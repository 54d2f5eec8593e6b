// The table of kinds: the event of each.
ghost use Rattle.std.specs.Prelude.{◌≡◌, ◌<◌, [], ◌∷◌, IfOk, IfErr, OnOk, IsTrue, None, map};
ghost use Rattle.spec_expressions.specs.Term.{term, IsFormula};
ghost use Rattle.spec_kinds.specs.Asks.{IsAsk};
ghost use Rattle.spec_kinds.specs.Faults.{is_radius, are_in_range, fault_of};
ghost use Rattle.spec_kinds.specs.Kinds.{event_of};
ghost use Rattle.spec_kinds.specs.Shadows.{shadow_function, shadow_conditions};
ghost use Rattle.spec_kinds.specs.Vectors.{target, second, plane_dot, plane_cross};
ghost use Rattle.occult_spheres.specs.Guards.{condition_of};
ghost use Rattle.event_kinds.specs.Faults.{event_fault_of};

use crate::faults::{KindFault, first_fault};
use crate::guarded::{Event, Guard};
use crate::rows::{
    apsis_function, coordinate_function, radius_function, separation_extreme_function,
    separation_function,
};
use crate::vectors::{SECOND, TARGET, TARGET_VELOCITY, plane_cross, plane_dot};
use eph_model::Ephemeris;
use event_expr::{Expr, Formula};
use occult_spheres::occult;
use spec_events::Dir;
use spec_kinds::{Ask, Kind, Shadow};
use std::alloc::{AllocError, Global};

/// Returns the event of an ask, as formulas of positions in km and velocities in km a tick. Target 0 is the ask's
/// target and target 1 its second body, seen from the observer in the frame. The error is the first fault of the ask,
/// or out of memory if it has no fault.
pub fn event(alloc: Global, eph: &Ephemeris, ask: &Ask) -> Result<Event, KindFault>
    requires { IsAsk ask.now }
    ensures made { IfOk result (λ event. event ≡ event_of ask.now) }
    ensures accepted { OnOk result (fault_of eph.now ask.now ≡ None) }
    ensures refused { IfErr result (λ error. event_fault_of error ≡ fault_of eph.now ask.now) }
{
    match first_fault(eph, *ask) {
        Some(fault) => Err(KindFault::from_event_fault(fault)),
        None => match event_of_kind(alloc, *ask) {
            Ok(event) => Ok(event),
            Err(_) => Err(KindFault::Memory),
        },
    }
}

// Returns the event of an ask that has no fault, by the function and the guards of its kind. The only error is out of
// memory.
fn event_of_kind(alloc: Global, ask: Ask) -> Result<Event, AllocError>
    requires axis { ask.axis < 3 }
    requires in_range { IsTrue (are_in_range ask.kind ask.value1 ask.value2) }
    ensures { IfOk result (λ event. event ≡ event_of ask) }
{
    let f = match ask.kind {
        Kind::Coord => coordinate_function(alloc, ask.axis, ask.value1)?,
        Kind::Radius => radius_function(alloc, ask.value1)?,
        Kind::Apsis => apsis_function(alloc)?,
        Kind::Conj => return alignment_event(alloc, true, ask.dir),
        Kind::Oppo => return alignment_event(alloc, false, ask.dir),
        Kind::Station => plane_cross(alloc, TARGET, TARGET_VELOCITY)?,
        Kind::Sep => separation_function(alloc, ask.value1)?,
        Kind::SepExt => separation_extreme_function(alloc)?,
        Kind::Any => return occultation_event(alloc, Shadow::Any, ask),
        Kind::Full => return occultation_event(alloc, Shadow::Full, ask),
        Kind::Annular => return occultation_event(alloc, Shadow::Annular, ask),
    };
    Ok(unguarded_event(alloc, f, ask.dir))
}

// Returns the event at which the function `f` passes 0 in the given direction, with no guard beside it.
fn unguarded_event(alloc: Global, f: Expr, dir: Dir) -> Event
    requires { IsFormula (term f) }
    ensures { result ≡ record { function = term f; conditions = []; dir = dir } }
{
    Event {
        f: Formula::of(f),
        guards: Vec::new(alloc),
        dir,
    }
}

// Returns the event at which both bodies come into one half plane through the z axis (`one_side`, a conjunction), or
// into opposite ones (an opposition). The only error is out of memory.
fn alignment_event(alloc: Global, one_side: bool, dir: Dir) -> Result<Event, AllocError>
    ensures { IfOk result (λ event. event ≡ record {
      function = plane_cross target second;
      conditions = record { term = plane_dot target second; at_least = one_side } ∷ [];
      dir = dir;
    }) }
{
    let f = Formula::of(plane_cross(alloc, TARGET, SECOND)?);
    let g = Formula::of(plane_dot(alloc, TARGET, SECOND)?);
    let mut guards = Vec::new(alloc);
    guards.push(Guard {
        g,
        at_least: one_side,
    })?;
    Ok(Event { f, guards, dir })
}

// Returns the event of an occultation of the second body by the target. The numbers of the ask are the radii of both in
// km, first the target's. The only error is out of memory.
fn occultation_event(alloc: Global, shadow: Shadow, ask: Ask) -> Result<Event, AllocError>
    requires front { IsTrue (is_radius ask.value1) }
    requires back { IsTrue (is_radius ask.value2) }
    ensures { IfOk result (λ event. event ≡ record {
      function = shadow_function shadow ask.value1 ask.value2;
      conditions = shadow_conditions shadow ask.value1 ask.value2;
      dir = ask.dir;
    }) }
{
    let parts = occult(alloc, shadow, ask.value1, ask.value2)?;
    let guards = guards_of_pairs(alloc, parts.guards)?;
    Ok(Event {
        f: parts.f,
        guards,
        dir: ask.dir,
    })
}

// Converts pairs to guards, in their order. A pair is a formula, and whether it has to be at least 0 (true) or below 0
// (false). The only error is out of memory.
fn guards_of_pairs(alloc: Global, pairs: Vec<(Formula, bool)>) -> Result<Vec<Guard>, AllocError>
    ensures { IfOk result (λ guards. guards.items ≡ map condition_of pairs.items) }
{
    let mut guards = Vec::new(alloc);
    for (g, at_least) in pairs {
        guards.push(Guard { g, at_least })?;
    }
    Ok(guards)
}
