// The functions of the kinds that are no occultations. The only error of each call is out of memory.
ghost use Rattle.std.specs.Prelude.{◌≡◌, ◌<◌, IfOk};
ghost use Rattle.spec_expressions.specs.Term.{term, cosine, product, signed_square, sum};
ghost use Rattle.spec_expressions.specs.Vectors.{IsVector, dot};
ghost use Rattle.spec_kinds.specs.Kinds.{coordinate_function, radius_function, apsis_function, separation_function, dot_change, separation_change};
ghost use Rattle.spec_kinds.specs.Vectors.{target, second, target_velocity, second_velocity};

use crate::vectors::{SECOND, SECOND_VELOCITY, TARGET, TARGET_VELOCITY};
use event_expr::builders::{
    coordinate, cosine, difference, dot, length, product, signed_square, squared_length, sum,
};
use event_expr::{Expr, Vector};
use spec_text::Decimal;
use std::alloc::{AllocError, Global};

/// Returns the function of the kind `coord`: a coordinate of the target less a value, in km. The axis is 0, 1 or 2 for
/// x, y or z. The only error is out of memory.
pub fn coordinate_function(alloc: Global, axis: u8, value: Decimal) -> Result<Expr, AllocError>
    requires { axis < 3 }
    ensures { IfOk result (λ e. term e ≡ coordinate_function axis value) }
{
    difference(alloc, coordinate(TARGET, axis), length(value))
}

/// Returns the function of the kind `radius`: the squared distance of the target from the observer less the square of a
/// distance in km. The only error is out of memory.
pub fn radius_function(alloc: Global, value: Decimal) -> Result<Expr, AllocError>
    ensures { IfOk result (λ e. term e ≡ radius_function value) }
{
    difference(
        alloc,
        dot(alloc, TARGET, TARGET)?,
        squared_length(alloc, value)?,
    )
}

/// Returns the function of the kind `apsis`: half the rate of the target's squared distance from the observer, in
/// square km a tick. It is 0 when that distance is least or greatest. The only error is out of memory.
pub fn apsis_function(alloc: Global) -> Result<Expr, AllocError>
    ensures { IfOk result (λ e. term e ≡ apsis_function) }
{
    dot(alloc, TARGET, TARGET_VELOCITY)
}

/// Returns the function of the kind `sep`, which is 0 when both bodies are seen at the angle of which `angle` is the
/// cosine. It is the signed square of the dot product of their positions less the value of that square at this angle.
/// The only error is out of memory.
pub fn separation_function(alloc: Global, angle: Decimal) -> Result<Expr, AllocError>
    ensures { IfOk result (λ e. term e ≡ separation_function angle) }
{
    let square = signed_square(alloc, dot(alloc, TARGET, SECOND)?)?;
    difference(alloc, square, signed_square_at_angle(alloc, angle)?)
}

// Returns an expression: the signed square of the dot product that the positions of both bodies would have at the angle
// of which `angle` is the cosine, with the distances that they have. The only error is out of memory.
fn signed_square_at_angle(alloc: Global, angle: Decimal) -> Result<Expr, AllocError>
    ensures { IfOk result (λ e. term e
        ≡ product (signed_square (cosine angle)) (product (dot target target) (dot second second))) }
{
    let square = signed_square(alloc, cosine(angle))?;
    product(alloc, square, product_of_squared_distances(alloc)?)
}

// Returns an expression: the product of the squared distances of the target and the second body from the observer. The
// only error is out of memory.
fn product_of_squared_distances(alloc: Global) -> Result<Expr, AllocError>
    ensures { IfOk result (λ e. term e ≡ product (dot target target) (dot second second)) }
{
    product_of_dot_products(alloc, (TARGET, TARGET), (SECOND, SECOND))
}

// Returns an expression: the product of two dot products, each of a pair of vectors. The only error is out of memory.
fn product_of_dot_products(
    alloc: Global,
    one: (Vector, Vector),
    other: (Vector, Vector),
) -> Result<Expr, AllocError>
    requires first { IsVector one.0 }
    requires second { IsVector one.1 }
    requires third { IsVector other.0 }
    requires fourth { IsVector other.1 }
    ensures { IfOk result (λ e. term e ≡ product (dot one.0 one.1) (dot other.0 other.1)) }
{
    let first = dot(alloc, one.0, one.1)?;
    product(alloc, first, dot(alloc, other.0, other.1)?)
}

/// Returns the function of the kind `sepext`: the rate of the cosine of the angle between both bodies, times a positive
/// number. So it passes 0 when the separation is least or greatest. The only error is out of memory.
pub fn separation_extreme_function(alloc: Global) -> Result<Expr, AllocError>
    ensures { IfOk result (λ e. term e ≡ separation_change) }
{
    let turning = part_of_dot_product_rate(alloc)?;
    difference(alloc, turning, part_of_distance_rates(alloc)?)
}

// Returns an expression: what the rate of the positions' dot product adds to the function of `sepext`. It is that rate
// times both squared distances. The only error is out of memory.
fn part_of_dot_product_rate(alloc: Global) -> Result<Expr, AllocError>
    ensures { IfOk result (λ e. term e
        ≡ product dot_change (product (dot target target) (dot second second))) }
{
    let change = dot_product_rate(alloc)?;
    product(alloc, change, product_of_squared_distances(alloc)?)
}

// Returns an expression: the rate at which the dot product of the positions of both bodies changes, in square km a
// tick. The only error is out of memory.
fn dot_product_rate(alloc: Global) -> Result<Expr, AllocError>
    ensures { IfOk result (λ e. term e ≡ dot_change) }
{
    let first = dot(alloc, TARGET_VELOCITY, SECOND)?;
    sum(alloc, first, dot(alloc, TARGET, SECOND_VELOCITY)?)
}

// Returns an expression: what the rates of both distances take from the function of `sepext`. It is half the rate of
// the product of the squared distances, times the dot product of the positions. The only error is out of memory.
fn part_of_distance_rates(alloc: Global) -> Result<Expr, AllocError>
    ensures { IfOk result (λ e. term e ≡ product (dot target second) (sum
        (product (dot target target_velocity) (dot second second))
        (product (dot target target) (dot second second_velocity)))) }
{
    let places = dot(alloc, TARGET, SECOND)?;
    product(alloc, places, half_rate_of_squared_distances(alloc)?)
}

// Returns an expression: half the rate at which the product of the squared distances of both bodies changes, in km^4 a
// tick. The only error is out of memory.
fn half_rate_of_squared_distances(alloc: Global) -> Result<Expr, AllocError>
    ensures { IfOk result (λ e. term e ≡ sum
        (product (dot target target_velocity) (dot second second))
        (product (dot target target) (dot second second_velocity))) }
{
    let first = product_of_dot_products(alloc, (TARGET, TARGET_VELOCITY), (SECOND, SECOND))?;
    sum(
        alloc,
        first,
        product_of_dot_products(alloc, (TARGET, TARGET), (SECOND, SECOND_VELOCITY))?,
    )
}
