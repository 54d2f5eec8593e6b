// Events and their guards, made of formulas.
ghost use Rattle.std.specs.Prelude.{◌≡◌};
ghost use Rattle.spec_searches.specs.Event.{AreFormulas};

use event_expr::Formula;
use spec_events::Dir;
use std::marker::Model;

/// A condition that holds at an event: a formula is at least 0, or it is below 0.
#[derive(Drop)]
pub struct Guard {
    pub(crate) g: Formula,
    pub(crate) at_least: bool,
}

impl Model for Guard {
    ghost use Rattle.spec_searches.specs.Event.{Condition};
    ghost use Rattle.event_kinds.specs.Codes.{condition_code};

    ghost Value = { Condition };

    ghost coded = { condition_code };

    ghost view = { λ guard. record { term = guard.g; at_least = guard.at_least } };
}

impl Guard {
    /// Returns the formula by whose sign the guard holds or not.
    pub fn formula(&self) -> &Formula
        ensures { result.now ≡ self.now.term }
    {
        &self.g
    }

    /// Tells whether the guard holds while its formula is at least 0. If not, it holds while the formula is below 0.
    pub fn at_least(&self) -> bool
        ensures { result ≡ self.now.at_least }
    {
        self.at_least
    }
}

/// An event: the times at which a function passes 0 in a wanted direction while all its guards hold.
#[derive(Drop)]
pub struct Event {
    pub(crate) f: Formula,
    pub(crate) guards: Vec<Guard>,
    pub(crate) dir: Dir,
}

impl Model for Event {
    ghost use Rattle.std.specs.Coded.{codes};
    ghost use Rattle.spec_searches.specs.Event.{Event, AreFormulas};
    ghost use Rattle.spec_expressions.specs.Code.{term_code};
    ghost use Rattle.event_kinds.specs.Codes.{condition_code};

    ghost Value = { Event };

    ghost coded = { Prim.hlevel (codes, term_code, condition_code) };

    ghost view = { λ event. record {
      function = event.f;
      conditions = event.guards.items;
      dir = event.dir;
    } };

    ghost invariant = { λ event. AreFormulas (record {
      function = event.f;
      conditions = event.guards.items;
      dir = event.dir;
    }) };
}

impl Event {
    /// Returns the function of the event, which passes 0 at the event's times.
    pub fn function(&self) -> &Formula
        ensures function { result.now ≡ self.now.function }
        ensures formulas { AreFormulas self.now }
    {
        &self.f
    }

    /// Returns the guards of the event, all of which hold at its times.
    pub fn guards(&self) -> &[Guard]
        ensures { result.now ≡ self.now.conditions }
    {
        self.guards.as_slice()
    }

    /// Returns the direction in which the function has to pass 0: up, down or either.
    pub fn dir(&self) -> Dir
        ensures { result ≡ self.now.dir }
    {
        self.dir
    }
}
━━━━━━━━
__Task objective__:
Filter by the word "crate": copy every line of the data that holds it.

__Written answer__:
use crate::faults::{KindFault, first_fault};
use crate::guarded::{Event, Guard};
use crate::rows::{
use crate::vectors::{SECOND, TARGET, TARGET_VELOCITY, plane_cross, plane_dot};
use crate::vectors::{SECOND, SECOND_VELOCITY, TARGET, TARGET_VELOCITY};
    pub(crate) g: Formula,
    pub(crate) at_least: bool,
    pub(crate) f: Formula,
    pub(crate) guards: Vec<Guard>,
    pub(crate) dir: Dir,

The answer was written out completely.